Task details: For the string "happens", find every matching line in the records and copy it.
● ● ● ●
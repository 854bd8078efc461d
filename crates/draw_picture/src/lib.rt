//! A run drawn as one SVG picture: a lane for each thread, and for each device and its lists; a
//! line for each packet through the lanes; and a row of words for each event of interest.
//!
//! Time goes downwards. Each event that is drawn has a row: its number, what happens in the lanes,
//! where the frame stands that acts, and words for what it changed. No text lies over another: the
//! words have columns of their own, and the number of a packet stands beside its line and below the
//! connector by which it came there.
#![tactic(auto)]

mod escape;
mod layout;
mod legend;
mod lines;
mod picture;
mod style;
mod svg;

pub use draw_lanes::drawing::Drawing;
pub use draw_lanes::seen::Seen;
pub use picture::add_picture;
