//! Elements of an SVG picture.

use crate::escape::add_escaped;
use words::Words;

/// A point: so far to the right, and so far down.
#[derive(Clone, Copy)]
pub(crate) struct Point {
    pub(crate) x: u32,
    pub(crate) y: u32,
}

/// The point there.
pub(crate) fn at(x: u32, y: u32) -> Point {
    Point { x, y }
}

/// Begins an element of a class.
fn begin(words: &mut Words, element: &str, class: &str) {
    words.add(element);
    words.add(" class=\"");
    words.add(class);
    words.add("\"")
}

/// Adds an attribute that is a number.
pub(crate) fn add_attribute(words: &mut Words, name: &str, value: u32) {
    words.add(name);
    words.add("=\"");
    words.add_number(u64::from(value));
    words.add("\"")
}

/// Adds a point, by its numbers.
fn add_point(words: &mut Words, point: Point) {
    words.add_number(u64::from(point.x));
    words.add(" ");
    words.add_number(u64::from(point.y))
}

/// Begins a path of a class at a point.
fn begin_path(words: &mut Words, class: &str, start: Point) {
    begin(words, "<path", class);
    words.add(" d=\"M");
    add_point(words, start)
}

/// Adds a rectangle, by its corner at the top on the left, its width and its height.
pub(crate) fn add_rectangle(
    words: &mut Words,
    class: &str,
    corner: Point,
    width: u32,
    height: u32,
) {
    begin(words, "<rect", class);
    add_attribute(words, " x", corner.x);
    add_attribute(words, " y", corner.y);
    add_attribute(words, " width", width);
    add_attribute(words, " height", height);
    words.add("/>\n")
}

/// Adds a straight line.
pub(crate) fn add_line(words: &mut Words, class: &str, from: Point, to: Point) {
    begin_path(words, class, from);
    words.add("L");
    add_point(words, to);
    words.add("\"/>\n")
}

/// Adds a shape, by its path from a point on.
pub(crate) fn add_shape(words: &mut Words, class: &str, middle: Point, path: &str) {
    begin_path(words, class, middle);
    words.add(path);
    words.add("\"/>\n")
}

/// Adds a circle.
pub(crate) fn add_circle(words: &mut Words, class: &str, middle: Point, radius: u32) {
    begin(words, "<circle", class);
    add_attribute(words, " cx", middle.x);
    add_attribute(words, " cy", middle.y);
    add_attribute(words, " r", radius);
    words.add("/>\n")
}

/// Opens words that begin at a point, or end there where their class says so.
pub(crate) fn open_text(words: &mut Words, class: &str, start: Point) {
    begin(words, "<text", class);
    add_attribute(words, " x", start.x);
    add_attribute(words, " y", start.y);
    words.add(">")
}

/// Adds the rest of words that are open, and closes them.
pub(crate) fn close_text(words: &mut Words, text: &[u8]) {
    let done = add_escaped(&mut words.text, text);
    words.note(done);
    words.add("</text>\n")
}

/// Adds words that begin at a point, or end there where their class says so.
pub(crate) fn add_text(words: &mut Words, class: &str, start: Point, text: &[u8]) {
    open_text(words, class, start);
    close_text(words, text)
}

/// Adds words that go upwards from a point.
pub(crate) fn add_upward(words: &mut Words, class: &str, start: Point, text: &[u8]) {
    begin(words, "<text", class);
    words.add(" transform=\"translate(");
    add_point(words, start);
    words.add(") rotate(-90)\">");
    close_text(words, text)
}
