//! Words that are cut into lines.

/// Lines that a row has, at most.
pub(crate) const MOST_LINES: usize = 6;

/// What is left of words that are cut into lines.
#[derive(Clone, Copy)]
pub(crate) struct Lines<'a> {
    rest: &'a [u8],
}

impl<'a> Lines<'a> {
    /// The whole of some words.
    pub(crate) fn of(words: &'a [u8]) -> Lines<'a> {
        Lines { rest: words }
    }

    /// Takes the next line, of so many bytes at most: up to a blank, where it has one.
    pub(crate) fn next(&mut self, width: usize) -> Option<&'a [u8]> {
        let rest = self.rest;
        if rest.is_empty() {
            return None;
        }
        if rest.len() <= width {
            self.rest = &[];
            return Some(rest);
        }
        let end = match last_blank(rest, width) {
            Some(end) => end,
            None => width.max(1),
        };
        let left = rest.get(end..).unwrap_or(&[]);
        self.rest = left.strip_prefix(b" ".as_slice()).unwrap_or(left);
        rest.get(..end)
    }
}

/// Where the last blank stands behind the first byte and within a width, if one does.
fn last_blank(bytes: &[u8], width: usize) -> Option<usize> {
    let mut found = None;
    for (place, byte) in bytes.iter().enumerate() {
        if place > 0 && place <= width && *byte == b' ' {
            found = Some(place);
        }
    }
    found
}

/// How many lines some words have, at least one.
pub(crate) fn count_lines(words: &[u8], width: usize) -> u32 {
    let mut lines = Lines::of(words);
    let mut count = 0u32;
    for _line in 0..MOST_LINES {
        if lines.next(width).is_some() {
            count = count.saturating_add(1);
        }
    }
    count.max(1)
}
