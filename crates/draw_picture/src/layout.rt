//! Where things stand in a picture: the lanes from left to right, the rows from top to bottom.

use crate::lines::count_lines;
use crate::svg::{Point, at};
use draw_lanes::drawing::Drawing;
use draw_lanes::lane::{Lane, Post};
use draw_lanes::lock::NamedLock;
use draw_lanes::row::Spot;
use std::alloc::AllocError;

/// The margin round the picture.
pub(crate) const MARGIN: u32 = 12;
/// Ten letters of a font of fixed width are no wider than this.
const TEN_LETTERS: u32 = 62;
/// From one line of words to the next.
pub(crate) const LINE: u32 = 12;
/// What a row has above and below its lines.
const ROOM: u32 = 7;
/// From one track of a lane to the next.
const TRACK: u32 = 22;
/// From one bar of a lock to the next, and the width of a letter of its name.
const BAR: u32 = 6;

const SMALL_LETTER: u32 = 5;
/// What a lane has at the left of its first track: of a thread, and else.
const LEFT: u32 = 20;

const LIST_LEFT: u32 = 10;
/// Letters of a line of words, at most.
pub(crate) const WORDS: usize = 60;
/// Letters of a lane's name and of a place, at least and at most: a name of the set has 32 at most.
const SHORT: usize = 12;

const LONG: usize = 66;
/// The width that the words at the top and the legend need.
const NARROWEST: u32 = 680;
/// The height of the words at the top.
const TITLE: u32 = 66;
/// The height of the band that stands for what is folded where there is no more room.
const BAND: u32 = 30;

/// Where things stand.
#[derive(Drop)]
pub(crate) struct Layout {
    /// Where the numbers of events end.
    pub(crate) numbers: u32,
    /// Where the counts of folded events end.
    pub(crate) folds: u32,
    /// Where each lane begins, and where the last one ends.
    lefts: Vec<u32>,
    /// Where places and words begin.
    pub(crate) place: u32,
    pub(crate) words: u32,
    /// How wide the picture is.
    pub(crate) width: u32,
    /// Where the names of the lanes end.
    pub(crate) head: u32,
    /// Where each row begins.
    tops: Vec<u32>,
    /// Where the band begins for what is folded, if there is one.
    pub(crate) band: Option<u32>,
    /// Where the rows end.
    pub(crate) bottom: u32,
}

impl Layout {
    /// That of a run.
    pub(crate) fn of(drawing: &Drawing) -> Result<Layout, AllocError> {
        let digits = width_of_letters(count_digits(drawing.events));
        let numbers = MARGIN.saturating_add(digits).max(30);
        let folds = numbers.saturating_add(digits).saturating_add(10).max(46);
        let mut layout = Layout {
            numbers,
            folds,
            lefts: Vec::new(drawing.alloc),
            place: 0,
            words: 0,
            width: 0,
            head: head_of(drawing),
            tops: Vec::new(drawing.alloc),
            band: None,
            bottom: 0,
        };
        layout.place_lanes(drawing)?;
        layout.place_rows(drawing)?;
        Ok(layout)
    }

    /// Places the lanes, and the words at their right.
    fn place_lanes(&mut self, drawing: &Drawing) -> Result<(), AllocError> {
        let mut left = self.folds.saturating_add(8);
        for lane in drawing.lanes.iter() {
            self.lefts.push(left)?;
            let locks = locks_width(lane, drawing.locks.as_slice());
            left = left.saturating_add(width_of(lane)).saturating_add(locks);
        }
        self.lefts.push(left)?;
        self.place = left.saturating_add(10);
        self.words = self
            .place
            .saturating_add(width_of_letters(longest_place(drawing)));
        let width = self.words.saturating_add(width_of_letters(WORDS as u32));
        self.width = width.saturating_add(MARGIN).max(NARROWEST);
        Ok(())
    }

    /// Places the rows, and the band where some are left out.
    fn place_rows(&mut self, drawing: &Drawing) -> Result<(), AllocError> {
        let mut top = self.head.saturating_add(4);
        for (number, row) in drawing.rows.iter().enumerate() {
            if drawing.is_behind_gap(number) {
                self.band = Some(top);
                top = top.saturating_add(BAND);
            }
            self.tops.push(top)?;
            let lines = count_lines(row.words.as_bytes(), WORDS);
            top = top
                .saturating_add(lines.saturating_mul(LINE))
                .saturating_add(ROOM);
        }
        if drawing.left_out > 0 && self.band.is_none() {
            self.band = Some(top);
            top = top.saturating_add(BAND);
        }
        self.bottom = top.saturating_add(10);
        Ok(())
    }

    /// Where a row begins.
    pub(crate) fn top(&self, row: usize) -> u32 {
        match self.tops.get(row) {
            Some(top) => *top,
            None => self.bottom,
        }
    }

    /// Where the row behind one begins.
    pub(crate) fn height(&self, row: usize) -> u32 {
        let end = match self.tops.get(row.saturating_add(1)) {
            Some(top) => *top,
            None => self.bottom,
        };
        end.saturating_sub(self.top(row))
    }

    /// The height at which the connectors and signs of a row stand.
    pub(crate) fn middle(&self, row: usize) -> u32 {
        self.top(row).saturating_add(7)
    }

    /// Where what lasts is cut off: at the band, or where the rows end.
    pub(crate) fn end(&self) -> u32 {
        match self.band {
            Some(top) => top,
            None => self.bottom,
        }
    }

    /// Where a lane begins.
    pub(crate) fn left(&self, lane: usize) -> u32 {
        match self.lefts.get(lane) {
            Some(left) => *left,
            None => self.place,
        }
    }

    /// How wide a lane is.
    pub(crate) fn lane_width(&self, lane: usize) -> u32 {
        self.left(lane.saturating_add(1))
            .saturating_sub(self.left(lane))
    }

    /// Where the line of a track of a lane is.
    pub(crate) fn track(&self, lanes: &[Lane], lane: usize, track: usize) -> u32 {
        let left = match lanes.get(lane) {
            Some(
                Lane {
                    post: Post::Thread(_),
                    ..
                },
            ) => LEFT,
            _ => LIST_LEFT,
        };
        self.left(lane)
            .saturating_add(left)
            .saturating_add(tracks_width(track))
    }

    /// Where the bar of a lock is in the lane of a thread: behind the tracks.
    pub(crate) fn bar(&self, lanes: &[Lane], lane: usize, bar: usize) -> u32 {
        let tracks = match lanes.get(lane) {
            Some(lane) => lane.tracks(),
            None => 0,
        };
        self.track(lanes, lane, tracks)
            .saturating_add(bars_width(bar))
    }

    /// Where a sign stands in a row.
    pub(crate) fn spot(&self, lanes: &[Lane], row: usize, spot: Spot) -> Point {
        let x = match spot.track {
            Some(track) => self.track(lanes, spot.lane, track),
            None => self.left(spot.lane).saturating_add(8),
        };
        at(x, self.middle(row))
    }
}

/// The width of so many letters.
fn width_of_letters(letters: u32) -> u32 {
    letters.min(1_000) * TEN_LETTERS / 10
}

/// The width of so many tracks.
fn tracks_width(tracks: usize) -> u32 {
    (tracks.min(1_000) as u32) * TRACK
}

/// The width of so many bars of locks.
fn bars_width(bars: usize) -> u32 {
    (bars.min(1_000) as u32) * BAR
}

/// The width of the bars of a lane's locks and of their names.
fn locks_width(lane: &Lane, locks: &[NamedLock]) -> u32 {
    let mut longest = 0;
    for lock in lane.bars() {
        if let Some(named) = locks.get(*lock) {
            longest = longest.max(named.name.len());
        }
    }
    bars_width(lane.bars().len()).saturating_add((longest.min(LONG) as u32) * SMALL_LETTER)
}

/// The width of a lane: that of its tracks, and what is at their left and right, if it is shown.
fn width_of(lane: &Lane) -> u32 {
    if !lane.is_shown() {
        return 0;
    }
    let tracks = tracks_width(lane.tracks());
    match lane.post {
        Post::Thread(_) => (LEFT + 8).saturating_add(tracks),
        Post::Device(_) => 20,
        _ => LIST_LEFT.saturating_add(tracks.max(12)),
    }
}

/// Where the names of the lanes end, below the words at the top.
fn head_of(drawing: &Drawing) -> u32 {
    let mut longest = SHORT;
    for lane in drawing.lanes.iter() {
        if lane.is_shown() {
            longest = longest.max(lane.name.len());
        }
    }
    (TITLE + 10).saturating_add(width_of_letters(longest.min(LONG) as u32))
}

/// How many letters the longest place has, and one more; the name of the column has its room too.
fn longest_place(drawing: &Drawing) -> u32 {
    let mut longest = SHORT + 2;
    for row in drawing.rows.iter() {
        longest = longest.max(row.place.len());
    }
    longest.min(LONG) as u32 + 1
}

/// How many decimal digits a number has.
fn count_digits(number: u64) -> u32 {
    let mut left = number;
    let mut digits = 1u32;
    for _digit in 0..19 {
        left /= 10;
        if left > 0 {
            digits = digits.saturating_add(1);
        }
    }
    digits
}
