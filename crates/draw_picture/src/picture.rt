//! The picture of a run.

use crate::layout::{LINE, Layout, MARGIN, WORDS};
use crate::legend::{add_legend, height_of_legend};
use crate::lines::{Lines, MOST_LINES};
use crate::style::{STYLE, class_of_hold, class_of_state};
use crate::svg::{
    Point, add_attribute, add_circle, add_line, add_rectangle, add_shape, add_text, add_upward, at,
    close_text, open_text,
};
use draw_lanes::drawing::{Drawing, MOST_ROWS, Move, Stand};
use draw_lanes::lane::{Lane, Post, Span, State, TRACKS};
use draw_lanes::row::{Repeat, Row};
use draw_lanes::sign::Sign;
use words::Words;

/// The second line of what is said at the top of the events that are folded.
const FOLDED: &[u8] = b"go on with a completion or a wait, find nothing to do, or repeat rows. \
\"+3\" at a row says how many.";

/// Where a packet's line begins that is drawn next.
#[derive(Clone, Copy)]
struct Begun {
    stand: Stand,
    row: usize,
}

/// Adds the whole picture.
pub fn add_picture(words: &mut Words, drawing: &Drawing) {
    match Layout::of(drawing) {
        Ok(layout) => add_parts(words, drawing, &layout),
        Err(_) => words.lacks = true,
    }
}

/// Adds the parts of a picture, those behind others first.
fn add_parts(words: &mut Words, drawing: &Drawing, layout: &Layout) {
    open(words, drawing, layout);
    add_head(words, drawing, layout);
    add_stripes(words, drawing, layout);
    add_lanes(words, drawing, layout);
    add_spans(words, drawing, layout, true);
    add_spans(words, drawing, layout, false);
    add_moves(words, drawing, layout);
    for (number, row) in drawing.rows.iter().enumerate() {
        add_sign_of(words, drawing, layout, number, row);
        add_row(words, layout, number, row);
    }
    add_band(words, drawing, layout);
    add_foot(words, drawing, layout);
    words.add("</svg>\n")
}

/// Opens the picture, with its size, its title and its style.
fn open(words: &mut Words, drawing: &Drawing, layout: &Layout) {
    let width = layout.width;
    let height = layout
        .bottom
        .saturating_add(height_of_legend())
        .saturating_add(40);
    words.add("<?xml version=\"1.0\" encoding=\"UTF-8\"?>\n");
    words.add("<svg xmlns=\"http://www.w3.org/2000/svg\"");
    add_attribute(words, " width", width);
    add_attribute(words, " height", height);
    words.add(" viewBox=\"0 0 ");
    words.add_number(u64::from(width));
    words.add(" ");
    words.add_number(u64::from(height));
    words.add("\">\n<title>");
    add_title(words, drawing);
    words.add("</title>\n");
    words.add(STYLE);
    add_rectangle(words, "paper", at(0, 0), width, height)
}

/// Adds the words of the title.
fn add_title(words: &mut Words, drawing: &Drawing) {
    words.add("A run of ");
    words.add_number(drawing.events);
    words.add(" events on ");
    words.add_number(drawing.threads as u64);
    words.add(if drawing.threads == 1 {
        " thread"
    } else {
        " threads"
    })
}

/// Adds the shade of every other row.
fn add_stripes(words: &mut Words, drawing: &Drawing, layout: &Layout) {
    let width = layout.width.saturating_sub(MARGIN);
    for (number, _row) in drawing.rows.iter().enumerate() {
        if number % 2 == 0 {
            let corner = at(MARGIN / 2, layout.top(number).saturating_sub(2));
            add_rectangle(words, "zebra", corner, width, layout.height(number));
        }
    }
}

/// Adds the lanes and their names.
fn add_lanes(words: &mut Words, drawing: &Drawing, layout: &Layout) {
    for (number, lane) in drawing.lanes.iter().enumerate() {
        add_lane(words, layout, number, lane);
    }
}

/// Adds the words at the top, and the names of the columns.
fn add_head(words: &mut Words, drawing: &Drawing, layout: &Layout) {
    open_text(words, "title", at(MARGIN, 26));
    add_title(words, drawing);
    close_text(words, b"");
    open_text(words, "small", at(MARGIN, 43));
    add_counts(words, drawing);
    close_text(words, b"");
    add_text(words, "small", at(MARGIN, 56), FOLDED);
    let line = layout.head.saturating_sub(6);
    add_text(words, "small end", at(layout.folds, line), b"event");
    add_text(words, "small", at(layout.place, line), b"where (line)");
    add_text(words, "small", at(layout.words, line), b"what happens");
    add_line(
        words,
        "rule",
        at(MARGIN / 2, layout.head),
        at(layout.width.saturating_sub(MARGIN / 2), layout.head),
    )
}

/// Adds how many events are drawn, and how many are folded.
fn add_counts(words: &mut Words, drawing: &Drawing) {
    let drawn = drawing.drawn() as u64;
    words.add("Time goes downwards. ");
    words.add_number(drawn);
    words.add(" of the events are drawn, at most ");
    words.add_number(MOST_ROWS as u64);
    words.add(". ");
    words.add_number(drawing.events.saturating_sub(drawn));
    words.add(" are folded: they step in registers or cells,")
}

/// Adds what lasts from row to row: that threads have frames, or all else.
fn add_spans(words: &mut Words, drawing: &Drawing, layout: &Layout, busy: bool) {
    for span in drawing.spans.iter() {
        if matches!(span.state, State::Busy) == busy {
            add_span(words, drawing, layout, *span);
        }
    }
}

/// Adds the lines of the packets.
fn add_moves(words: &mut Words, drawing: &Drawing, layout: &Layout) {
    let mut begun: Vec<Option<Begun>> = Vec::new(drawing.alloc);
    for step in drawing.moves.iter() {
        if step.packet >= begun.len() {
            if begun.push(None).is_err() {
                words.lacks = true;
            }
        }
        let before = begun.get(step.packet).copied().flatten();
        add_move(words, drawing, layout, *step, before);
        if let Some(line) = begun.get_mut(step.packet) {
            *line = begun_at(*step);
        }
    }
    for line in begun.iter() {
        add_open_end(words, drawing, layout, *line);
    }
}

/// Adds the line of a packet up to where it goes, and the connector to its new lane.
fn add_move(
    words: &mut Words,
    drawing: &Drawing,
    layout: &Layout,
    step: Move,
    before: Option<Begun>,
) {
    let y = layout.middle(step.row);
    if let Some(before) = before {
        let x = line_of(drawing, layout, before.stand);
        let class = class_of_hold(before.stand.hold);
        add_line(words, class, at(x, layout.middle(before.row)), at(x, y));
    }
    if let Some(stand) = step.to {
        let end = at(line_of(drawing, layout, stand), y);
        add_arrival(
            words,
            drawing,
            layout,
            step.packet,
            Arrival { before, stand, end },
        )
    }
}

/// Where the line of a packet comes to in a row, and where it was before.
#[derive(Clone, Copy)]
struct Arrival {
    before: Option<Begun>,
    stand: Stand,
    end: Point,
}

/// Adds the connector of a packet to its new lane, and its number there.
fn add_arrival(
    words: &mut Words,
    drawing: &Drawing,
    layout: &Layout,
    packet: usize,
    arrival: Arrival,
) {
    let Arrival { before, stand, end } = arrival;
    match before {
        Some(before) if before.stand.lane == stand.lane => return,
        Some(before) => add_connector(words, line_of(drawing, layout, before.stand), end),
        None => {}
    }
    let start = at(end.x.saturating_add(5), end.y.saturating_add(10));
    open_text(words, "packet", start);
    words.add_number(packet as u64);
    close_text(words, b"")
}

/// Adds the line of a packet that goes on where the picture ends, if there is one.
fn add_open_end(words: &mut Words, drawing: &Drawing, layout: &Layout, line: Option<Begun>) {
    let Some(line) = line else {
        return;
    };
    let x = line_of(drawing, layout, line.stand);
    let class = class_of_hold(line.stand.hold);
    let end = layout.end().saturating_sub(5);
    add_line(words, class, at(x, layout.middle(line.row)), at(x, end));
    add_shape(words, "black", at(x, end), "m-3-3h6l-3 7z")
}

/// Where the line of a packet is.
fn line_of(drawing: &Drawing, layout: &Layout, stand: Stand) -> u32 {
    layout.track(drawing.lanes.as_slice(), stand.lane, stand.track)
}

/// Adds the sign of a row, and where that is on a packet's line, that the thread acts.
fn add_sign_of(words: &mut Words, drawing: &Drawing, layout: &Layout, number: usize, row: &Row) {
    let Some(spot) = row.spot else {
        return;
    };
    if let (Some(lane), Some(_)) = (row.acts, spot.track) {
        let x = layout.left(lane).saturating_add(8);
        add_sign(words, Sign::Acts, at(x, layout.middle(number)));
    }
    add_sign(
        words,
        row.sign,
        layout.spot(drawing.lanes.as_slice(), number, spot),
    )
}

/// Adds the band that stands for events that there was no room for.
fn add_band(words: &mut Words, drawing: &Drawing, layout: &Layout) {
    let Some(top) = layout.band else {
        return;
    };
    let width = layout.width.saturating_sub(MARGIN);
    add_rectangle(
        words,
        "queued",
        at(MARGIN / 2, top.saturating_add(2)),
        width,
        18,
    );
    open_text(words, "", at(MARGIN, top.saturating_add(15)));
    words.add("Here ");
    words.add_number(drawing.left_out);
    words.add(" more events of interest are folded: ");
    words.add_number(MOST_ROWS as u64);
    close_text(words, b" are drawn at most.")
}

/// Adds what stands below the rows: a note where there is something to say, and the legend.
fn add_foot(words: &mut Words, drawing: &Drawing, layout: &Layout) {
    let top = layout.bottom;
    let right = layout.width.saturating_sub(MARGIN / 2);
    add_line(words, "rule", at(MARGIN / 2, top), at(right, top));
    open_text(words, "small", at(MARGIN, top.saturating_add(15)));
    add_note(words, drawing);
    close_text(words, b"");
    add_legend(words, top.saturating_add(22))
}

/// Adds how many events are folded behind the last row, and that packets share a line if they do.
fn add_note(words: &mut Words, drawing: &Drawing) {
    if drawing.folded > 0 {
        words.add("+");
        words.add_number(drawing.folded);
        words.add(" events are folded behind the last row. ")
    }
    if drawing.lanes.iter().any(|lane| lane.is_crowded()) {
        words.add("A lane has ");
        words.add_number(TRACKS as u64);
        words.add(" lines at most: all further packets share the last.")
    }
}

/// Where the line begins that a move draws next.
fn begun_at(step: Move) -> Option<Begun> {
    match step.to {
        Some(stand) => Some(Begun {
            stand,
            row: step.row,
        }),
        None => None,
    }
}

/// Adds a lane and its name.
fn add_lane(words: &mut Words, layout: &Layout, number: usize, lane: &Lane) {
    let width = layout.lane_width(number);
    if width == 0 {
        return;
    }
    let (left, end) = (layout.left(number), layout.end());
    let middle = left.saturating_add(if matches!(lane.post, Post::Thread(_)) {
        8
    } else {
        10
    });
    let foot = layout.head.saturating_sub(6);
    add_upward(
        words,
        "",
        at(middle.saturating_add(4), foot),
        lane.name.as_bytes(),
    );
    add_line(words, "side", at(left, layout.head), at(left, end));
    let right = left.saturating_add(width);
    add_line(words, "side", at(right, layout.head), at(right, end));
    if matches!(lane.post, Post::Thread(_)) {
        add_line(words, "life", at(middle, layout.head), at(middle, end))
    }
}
● ● ● ●
Answer for the task:
//! Time goes downwards. Each event that is drawn has a row: its number, what happens in the lanes,
    add_text(words, "small", at(layout.words, line), b"what happens");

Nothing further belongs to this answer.